La société n'a pas voulu divulguer de détails sur le catalyseur, mais Huber affirme que l'une de ses propriétés les plus importantes est la taille de ses pores. Si les pores sont trop gros, ils se bouchent avec du coke, et s'ils sont trop petits, les réactifs ne peuvent pas s'intégrer, explique Huber. Le catalyseur de la société est une structure poreuse de silicium et d'aluminium à base de ZSM-5, un catalyseur de zéolite développé par Mobil Oil en 1975 et largement utilisé dans l'industrie du raffinage du pétrole. Sudolsky dit qu'il peut être fabriqué à moindre coût par des entrepreneurs. Les réacteurs d'Anellotech sont très similaires à ceux utilisés pour raffiner le pétrole.
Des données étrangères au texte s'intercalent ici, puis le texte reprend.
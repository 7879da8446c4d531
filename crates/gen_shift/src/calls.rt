// A call for each kind: a row of the table of shifts, and the extension by a sign.
ghost use Rattle.std.specs.Prelude.{◌≡◌, Bool, ◌+◌, ◌-◌, ◌*◌, ◌/◌, ◌^◌, ◌<◌, ◌≤◌, ◌++◌};
ghost use Rattle.bit_laws.specs.Numbers.{low};
ghost use Rattle.micro_ir.specs.Kinds.{Realises};
ghost use Rattle.micro_ir.specs.Measures.{counts, Measured};
ghost use Rattle.micro_ir.specs.WorkRows.{IsOperandRow};
ghost use Rattle.gen_shift.specs.declared.kinds.Shift.TheVariants.{Sll, Srl, Sra};
ghost use Rattle.gen_shift.specs.Kinds.{signed_shifted, ssrl_value, ssra_value, shift_ops, shift_counts, rounding_ops, rounding_counts, rounding_length, rounded_ops, rounded_counts, rounded_length, extension_ops};
ghost use Rattle.gen_shift.specs.Laws.{LeavesRounded, ExtendsSign};

use crate::kinds::Shift;
use crate::lists::emit_shift;
use crate::rounding::{emit_rounded, emit_rounding};
use bit_laws::Width;
use micro_ir::{MicroBuf, Place, emit_ups};

/// A row moved to the left by the low bits of another one, into the active elements of a register
/// (vector extension 1.0, section 11.6).
pub fn emit_sll<W: Width>(buf: &mut MicroBuf, at: &Place)
    requires a { IsOperandRow at.now.a }
    requires b { IsOperandRow at.now.b }
    requires to { at.now.to < 32 }
    requires room { W.LOG * (3 * W.BITS + 13) + 8 ≤ buf.old.spare }
    ensures ops { buf.new.ops ≡ buf.old.ops ++ shift_ops Sll W.BITS W.LOG at.now }
    ensures spare { buf.new.spare + (W.LOG * (3 * W.BITS + 13) + 8) ≡ buf.old.spare }
    ensures realises { (reads : Bool) → Realises W.BITS at.now.to reads
        (λ n c. n at.now.a * 2 ^ low W.LOG (n at.now.b)) (shift_ops Sll W.BITS W.LOG at.now) }
    ensures cost { Measured (shift_counts Sll W.BITS W.LOG)
        (W.LOG * (3 * W.BITS + 13) + 8) (shift_ops Sll W.BITS W.LOG at.now) }
{
    emit_shift::<W>(buf, at, Shift::Sll);
}

/// A row moved to the right by the low bits of another one, zeros coming in, into the active
/// elements of a register (vector extension 1.0, section 11.6).
pub fn emit_srl<W: Width>(buf: &mut MicroBuf, at: &Place)
    requires a { IsOperandRow at.now.a }
    requires b { IsOperandRow at.now.b }
    requires to { at.now.to < 32 }
    requires room { W.LOG * (3 * W.BITS + 13) + 8 ≤ buf.old.spare }
    ensures ops { buf.new.ops ≡ buf.old.ops ++ shift_ops Srl W.BITS W.LOG at.now }
    ensures spare { buf.new.spare + (W.LOG * (3 * W.BITS + 13) + 8) ≡ buf.old.spare }
    ensures realises { (reads : Bool) → Realises W.BITS at.now.to reads
        (λ n c. n at.now.a / 2 ^ low W.LOG (n at.now.b)) (shift_ops Srl W.BITS W.LOG at.now) }
    ensures cost { Measured (shift_counts Srl W.BITS W.LOG)
        (W.LOG * (3 * W.BITS + 13) + 8) (shift_ops Srl W.BITS W.LOG at.now) }
{
    emit_shift::<W>(buf, at, Shift::Srl);
}

/// A row moved to the right by the low bits of another one, the sign coming in, into the active
/// elements of a register (vector extension 1.0, section 11.6).
pub fn emit_sra<W: Width>(buf: &mut MicroBuf, at: &Place)
    requires a { IsOperandRow at.now.a }
    requires b { IsOperandRow at.now.b }
    requires to { at.now.to < 32 }
    requires room { W.LOG * (3 * W.BITS + 15) + (3 * W.BITS + 9) ≤ buf.old.spare }
    ensures ops { buf.new.ops ≡ buf.old.ops ++ shift_ops Sra W.BITS W.LOG at.now }
    ensures spare { buf.new.spare + (W.LOG * (3 * W.BITS + 15) + (3 * W.BITS + 9)) ≡ buf.old.spare }
    ensures realises { (reads : Bool) → Realises W.BITS at.now.to reads
        (λ n c. signed_shifted W.BITS W.LOG (n at.now.a) (n at.now.b))
        (shift_ops Sra W.BITS W.LOG at.now) }
    ensures cost { Measured (shift_counts Sra W.BITS W.LOG)
        (W.LOG * (3 * W.BITS + 15) + (3 * W.BITS + 9)) (shift_ops Sra W.BITS W.LOG at.now) }
{
    emit_shift::<W>(buf, at, Shift::Sra);
}

/// A row moved to the right by the low bits of another one, zeros coming in, and rounded by the mode
/// of the place, into the active elements of a register (vector extension 1.0, section 12.4).
pub fn emit_ssrl<W: Width>(buf: &mut MicroBuf, at: &Place)
    requires a { IsOperandRow at.now.a }
    requires b { IsOperandRow at.now.b }
    requires to { at.now.to < 32 }
    requires mode { at.now.mode ≤ 3 }
    requires room { rounded_length Srl at.now.mode W.BITS W.LOG ≤ buf.old.spare }
    ensures ops { buf.new.ops ≡ buf.old.ops ++ rounded_ops Srl W.BITS W.LOG at.now }
    ensures spare { buf.new.spare + rounded_length Srl at.now.mode W.BITS W.LOG ≡ buf.old.spare }
    ensures realises { (reads : Bool) → Realises W.BITS at.now.to reads
        (λ n c. ssrl_value at.now.mode W.BITS W.LOG (n at.now.a) (n at.now.b))
        (rounded_ops Srl W.BITS W.LOG at.now) }
    ensures cost { Measured (rounded_counts Srl at.now.mode W.BITS W.LOG)
        (rounded_length Srl at.now.mode W.BITS W.LOG) (rounded_ops Srl W.BITS W.LOG at.now) }
{
    emit_rounded::<W>(buf, at, Shift::Srl);
}

/// A row moved to the right by the low bits of another one, the sign coming in, and rounded by the mode
/// of the place, into the active elements of a register (vector extension 1.0, section 12.4).
pub fn emit_ssra<W: Width>(buf: &mut MicroBuf, at: &Place)
    requires a { IsOperandRow at.now.a }
    requires b { IsOperandRow at.now.b }
    requires to { at.now.to < 32 }
    requires mode { at.now.mode ≤ 3 }
    requires room { rounded_length Sra at.now.mode W.BITS W.LOG ≤ buf.old.spare }
    ensures ops { buf.new.ops ≡ buf.old.ops ++ rounded_ops Sra W.BITS W.LOG at.now }
    ensures spare { buf.new.spare + rounded_length Sra at.now.mode W.BITS W.LOG ≡ buf.old.spare }
    ensures realises { (reads : Bool) → Realises W.BITS at.now.to reads
        (λ n c. ssra_value at.now.mode W.BITS W.LOG (n at.now.a) (n at.now.b))
        (rounded_ops Sra W.BITS W.LOG at.now) }
    ensures cost { Measured (rounded_counts Sra at.now.mode W.BITS W.LOG)
        (rounded_length Sra at.now.mode W.BITS W.LOG) (rounded_ops Sra W.BITS W.LOG at.now) }
{
    emit_rounded::<W>(buf, at, Shift::Sra);
}

/// A row moved to the right by the low bits of another one, zeros coming in, and rounded by the mode
/// of the place, in the row of work that `rounding_row` names (vector extension 1.0, sections 11.7 and
/// 12.5). The mode 2 rounds down.
pub fn emit_srl_raw<W: Width>(buf: &mut MicroBuf, at: &Place)
    requires a { IsOperandRow at.now.a }
    requires b { IsOperandRow at.now.b }
    requires mode { at.now.mode ≤ 3 }
    requires room { rounding_length Srl at.now.mode W.BITS W.LOG ≤ buf.old.spare }
    ensures ops { buf.new.ops ≡ buf.old.ops ++ rounding_ops Srl W.BITS W.LOG at.now }
    ensures spare { buf.new.spare + rounding_length Srl at.now.mode W.BITS W.LOG ≡ buf.old.spare }
    ensures leaves { LeavesRounded Srl W.BITS W.LOG at.now }
    ensures cost { Measured (rounding_counts Srl at.now.mode W.BITS W.LOG)
        (rounding_length Srl at.now.mode W.BITS W.LOG) (rounding_ops Srl W.BITS W.LOG at.now) }
{
    emit_rounding::<W>(buf, at, Shift::Srl);
}

/// A row moved to the right by the low bits of another one, the sign coming in, and rounded by the mode
/// of the place, in the row of work that `rounding_row` names (vector extension 1.0, sections 11.7 and
/// 12.5). The mode 2 rounds down.
pub fn emit_sra_raw<W: Width>(buf: &mut MicroBuf, at: &Place)
    requires a { IsOperandRow at.now.a }
    requires b { IsOperandRow at.now.b }
    requires mode { at.now.mode ≤ 3 }
    requires room { rounding_length Sra at.now.mode W.BITS W.LOG ≤ buf.old.spare }
    ensures ops { buf.new.ops ≡ buf.old.ops ++ rounding_ops Sra W.BITS W.LOG at.now }
    ensures spare { buf.new.spare + rounding_length Sra at.now.mode W.BITS W.LOG ≡ buf.old.spare }
    ensures leaves { LeavesRounded Sra W.BITS W.LOG at.now }
    ensures cost { Measured (rounding_counts Sra at.now.mode W.BITS W.LOG)
        (rounding_length Sra at.now.mode W.BITS W.LOG) (rounding_ops Sra W.BITS W.LOG at.now) }
{
    emit_rounding::<W>(buf, at, Shift::Sra);
}

/// Appends what extends the numbers of `source` bits in the elements of row `at.a` by their sign
/// (vector extension 1.0, section 11.3). The bits of each element above those are 0 before. Every
/// element is extended, active or not. There are no errors.
pub fn emit_sext<W: Width>(buf: &mut MicroBuf, at: &Place, source: u8)
    requires a { at.now.a < 64 }
    requires some { 0 < source }
    requires source { source < W.BITS }
    requires room { 3 * (W.BITS - source) ≤ buf.old.spare }
    ensures ops { buf.new.ops ≡ buf.old.ops ++ extension_ops source W.BITS at.now.a }
    ensures spare { buf.new.spare + 3 * (W.BITS - source) ≡ buf.old.spare }
    ensures extends { ExtendsSign source W.BITS at.now.a (extension_ops source W.BITS at.now.a) }
    ensures cost { Measured (counts (W.BITS - source) (W.BITS - source) (W.BITS - source))
        (3 * (W.BITS - source)) (extension_ops source W.BITS at.now.a) }
{
    emit_ups::<W>(buf, at.a, source - 1, W::BITS as u8 - source);
}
Mais les réacteurs de l'entreprise sont conçus pour assurer un transfert de chaleur rapide et une dynamique des fluides qui garantissent que les réactifs pénètrent dans un catalyseur avant qu'ils ne se transforment en coke.

Stefan Czernik , un scientifique principal au National Bioenergy Center du National Renewable Energy Laboratory à Golden, CO, prévient que le processus n'a jusqu'à présent été démontré qu'à petite échelle et que la complexité de ces réacteurs pourrait signifier un long chemin à parcourir pour les développer. Il n'est pas facile de reproduire à grande échelle la relation entre la réaction chimique et le transfert de chaleur comme cela se fait en laboratoire, dit-il.



Après avoir fait la démonstration du processus dans une usine pilote l'année prochaine, Anellotech espère s'associer à une entreprise chimique pour construire une installation à l'échelle commerciale en 2014. Sudolsky dit que l'entreprise va soit autoriser le processus de pyrolyse catalytique à d'autres entreprises, soit construire des usines distribuées à proximité de sources de biomasse, car le transport de la biomasse n'est pas économiquement viable.